Bumblebee recognized the accent without a second doubt. "Wheeljack, what—are you over-energized right now? Where are you?"

"No time to explain." Wheeljack hastily replied. "Just- hold tight, I'll be right—urp – there."

"O… Kay." Bumblebee said with a hint of worry in his voice. As he turned to resume repairs to Teletraan, a loud whizzing sound carried through the Ark's halls, followed by a loud boom as a small ship crashed through the ceiling, crushing Teletraan beneath it, glass and metal shattered and twisted beneath the pod-like ship as it's cockpit opened. Wheeljack tumbled out, falling face-first into the ground and groaning.

"Oh my gosh, Wheeljack!"

The engineer's "ears" flashed dimly as he lifted himself to his feet, "Yeah, I hear you Bumblebee, don't worry I'm—hic– fine."

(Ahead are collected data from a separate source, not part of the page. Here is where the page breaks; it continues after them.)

//! What the calls on a queue show before any search.

ghost use Rattle.std.specs.Prelude.{◌≡◌, ℤ, IfOk};
ghost use Rattle.std.specs.Ordering.{int_eq};
ghost use Rattle.indexmap.specs.IndexMap.{get};
ghost use Rattle.lin_ahead.specs.Items.ItemCalls.{told, told_in, least_pending};
ghost use Rattle.lin_ahead.specs.Items.CallNumbers.{by_row, from_row};
ghost use Rattle.lin_ahead.specs.Queues.ToldOfQueue.{once_row, taken_row, takers_from, AreLateEnqueues};

use crate::items::item_calls::ItemCalls;
use crate::items::late_pushes::LateRows;
use crate::items::numbers::{by_of, taken_of};
use crate::items::rows::{ItemsAhead, from_row, told_of_items};
use crate::queues::late_enqueues::late_enqueues;
use indexmap::IndexMap;
use lin_history::{NeedRows, ProblemCall};
use lin_object::{Op, Reply};
use std::alloc::{AllocError, Global};

/// What is known of a queue's problem before any search.
///
/// A call needs every call whose number `by` is less than its own number `from`. It needs every call whose number `by` is
/// less than its own number `taken` too, once the takers that are not lifted were all called after that event.
#[derive(Drop)]
pub struct QueueAhead {
    /// The numbers `by` and `from` of each call.
    pub needs: NeedRows,
    /// The number `taken` of each call.
    pub taken: Vec<u64>,
    /// What is known of each call, by which a search finds enqueues that are too late.
    pub late: LateRows,
    /// What the calls show of items.
    pub items: ItemsAhead,
}

// For each call the event from which on it is needed.
fn by_row(
    alloc: Global,
    items: &IndexMap<i64, ItemCalls>,
    calls: &[ProblemCall<Op, Reply>],
) -> Result<Vec<u64>, AllocError>
    ensures { IfOk result (λ row. row.items ≡ by_row (told_in (get int_eq items.now)) calls.now) }
{
    calls.iter().map(|call| by_of(items, call)).collect(alloc)
}

// For each call when the first call was called that returned with the item which it puts in.
fn taken_row(
    alloc: Global,
    items: &IndexMap<i64, ItemCalls>,
    calls: &[ProblemCall<Op, Reply>],
) -> Result<Vec<u64>, AllocError>
    ensures { IfOk result (λ row. row.items
        ≡ taken_row (told_in (get int_eq items.now)) calls.now) }
{
    calls
        .iter()
        .map(|call| taken_of(items, call))
        .collect(alloc)
}

/// What these calls show, on a queue that starts empty. `AllocError` where memory was refused.
pub(crate) fn told_of_queue(
    alloc: Global,
    calls: &[ProblemCall<Op, Reply>],
) -> Result<QueueAhead, AllocError>
    ensures by { IfOk result (λ ahead. ahead.needs.by ≡ by_row (told calls.now) calls.now) }
    ensures from { IfOk result (λ ahead. ahead.needs.from
        ≡ from_row (told calls.now) (least_pending calls.now) calls.now) }
    ensures taken { IfOk result (λ ahead. ahead.taken.items
        ≡ taken_row (told calls.now) calls.now) }
    ensures takers { IfOk result (λ ahead. ahead.items.takers.items ≡ takers_from 0 calls.now) }
    ensures owed { IfOk result (λ ahead. ahead.items.owed.items
        ≡ once_row (told calls.now) calls.now) }
    ensures late { IfOk result (λ ahead. AreLateEnqueues calls.now ahead.late) }
    ensures items { IfOk result (λ ahead. (v : ℤ)
        → told_in (get int_eq ahead.items.told) v ≡ told calls.now v) }
{
    let items = told_of_items(alloc, calls)?;
    let by = by_row(alloc, &items.told, calls)?;
    let from = from_row(alloc, &items.told, calls)?;
    let late = late_enqueues(alloc, from.as_slice(), calls)?;
    Ok(QueueAhead {
        needs: NeedRows::new(by, from),
        taken: taken_row(alloc, &items.told, calls)?,
        late,
        items,
    })
}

"I don't care about you!" Bumblebee professed, shooing him aside. "You just crushed Teletraan, I think you _killed _him."

Wheeljack waved a hand in denial, "Bumblebee relax he's a computer, Bumblebee, he- he doesn't have feelings he's basic- BWARP- basically a robot."

"_WE'RE_ ROBOTS!"

Teletraan's light's flickered on and off, "Warning, system failing, requiring immediate attention. May result in system death."

"SEE?!"

"That's not important Bumblebee, the point is that it was a figure of speech, Primus don't you know anything about—hic – anything?"

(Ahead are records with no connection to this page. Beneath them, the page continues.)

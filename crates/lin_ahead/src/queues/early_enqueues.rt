//! Enqueues of items that repeat which would come out too early: before an event at which more of another item were out than are in yet,
//! or before a call that found the queue empty.

ghost use Rattle.std.specs.Prelude.{◌≡◌, ◌<◌, ◌≤◌, nat_le, IsTrue};
ghost use Rattle.lin_ahead.specs.Items.Takers.{queue_of};
ghost use Rattle.lin_ahead.specs.Queues.Slots.{FoundEmptyBy, IsTooEarly, ComesTooEarly};
ghost use Rattle.lin_ahead.specs.Queues.CountedRows.{called_until, is_back_until, back_until, lifted_among, left_among, IsCountedRow, AreCountedRows};

use crate::items::calls::item_put;
use crate::queues::counted_rows::{Called, CountedRow, Taken};
use crate::queues::slots::{Reason, Wait};
use lin_history::ProblemCall;
use lin_object::{AnyObject, Op, Reply};
use lin_search::Config;

// Whether the call was called by this event.
fn is_called_by(one: &Called, event: u64) -> bool
    ensures { result ≡ nat_le one.now.at event }
{
    one.at <= event
}

/// How many of the calls were called by this event.
pub(crate) fn count_called(these: &[Called], event: u64) -> usize
    ensures { result ≡ called_until event these.now }
{
    let mut count = 0;
    for one in these {
        if is_called_by(one, event) {
            count += 1;
        }
    }
    count
}

/// Whether the call was called and returned by this event.
pub(crate) fn is_back_by(one: &Taken, event: u64) -> bool
    ensures { result ≡ is_back_until event one.now }
{
    one.by <= event && one.called <= event
}

/// How many of the calls were called and returned by this event, up to the first that was called later: those behind it were called
/// later too, as rows are in rising order.
pub(crate) fn count_back(these: &[Taken], event: u64) -> usize
    ensures { result ≤ back_until event these.now }
{
    let mut count = 0;
    for one in these {
        if one.called > event {
            return count;
        }
        if is_back_by(one, event) {
            count += 1;
        }
    }
    count
}

// Whether so many of the calls are lifted.
fn are_lifted(config: &Config<AnyObject>, these: &[Called], many: usize) -> bool
    ensures { IsTrue result → many ≤ lifted_among config.now.lifted these.now }
{
    let mut left = many;
    for one in these {
        if left == 0 {
            return true;
        }
        if config.has(one.call) {
            left -= 1;
        }
    }
    left == 0
}

// Whether so many of the calls are not lifted. The last of them are asked first: these are lifted last.
fn are_left(config: &Config<AnyObject>, these: &[Called], many: usize) -> bool
    ensures { IsTrue result → many ≤ left_among config.now.lifted these.now }
{
    let mut left = many;
    let mut from = these.len();
    while from > 0 && left > 0 {
        from -= 1;
        if !config.has(these[from].call) {
            left -= 1;
        }
    }
    left == 0
}

// Whether fewer of the calls are lifted.
fn are_fewer_lifted(config: &Config<AnyObject>, these: &[Called], many: usize) -> bool
    ensures { IsTrue result → lifted_among config.now.lifted these.now < many }
{
    many > 0 && are_left(config, these, these.len().saturating_sub(many - 1))
}

// Whether an enqueue of the own row's item would come out before the event, by which more of the other row's item were out than are in.
fn is_too_early(
    calls: &[ProblemCall<Op, Reply>],
    config: &Config<AnyObject>,
    own: &CountedRow,
    other: &CountedRow,
    event: u64,
) -> bool
    requires own { IsCountedRow calls.now own.now }
    requires other { IsCountedRow calls.now other.now }
    ensures { IsTrue result → IsTooEarly calls.now config.now.lifted own.now.item }
{
    let takers = count_called(own.takers.as_slice(), event);
    are_lifted(config, own.puts.as_slice(), takers)
        && are_fewer_lifted(
            config,
            other.puts.as_slice(),
            count_back(other.taken.as_slice(), event),
        )
}

// Whether the call is not lifted, found the queue empty and returned by this event.
fn found_empty_by(
    calls: &[ProblemCall<Op, Reply>],
    config: &Config<AnyObject>,
    event: u64,
    call: usize,
) -> bool
    ensures { IsTrue result → FoundEmptyBy calls.now config.now.lifted event call }
{
    if call >= calls.len() || config.has(call) {
        return false;
    }
    match (&calls[call].op, &calls[call].returned) {
        (Op::Dequeue, Some((number, Reply::Empty))) => u64::from(*number) <= event,
        _ => false,
    }
}

// Whether an enqueue of the own row's item would have to come out before a call that found the queue empty and returned by the event.
fn comes_before_empty(
    calls: &[ProblemCall<Op, Reply>],
    config: &Config<AnyObject>,
    own: &CountedRow,
    empty: usize,
    event: u64,
) -> bool
    requires { IsCountedRow calls.now own.now }
    ensures { IsTrue result → IsTooEarly calls.now config.now.lifted own.now.item }
{
    found_empty_by(calls, config, event, empty)
        && are_lifted(
            config,
            own.puts.as_slice(),
            count_called(own.takers.as_slice(), event),
        )
}

/// Whether it is known that the call is an enqueue that would come out too early. The wait says by which event, and which items or
/// which call to ask.
pub(crate) fn comes_too_early(
    calls: &[ProblemCall<Op, Reply>],
    rows: &[CountedRow],
    wait: Wait,
    config: &Config<AnyObject>,
    call: usize,
) -> bool
    requires { AreCountedRows calls.now rows.now }
    ensures { IsTrue result → ComesTooEarly (queue_of calls.now) config.now.lifted call }
{
    let Some(item) = item_put(calls, call) else {
        return false;
    };
    if wait.own >= rows.len() {
        return false;
    }
    let own = &rows[wait.own];
    if item != own.item {
        return false;
    }
    match wait.reason {
        Reason::Taken(other) => {
            other < rows.len() && is_too_early(calls, config, own, &rows[other], wait.event)
        }
        Reason::FoundEmpty(empty) => comes_before_empty(calls, config, own, empty, wait.event),
    }
}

Bumblebee held his head in his hands, "Oh man Wheeljack, aww geez, Ratchet's gonna flip his lid."

"Ratchet can go frag himself for all I care Bumblebee, you wouldn't want to fix that stupid computer anyways, I can't understand our fascination with healing the old instead of bringing the new, Bumblebee. Now I know it isn't a very popular opinion, but if I had my way, I'd replace every broken limb we have with a- a— a turbo booster or something of the like, but that's not—hic – we—we have to go Bumblebee there's no time to explain."

"Look, Wheeljack, I'm ah— I'm a little busy at the moment and I really think I should finish this job or else—"

Wheeljack grabbed Bumblebee by the collar, hurling him into small ship, "There's no time!"

Jumping in after him, the ship's cockpit closed and powered itself on again. Within a few seconds, Bee and Wheeljack were in the air precisely as Ratchet returned to Teletraan. "What in the name of spark is going on in here?!" the CMO scanned the broken area, stopped, and began to sniff the air, "Wait… I think I know…" he set his gaze on Teletraan, narrowing his optics. He raised his clenched servo and shook his fist to the sky, "WHEELJAAAACK!"

* * *

"Hey Bumblebee, what do you think of my—hic – ship."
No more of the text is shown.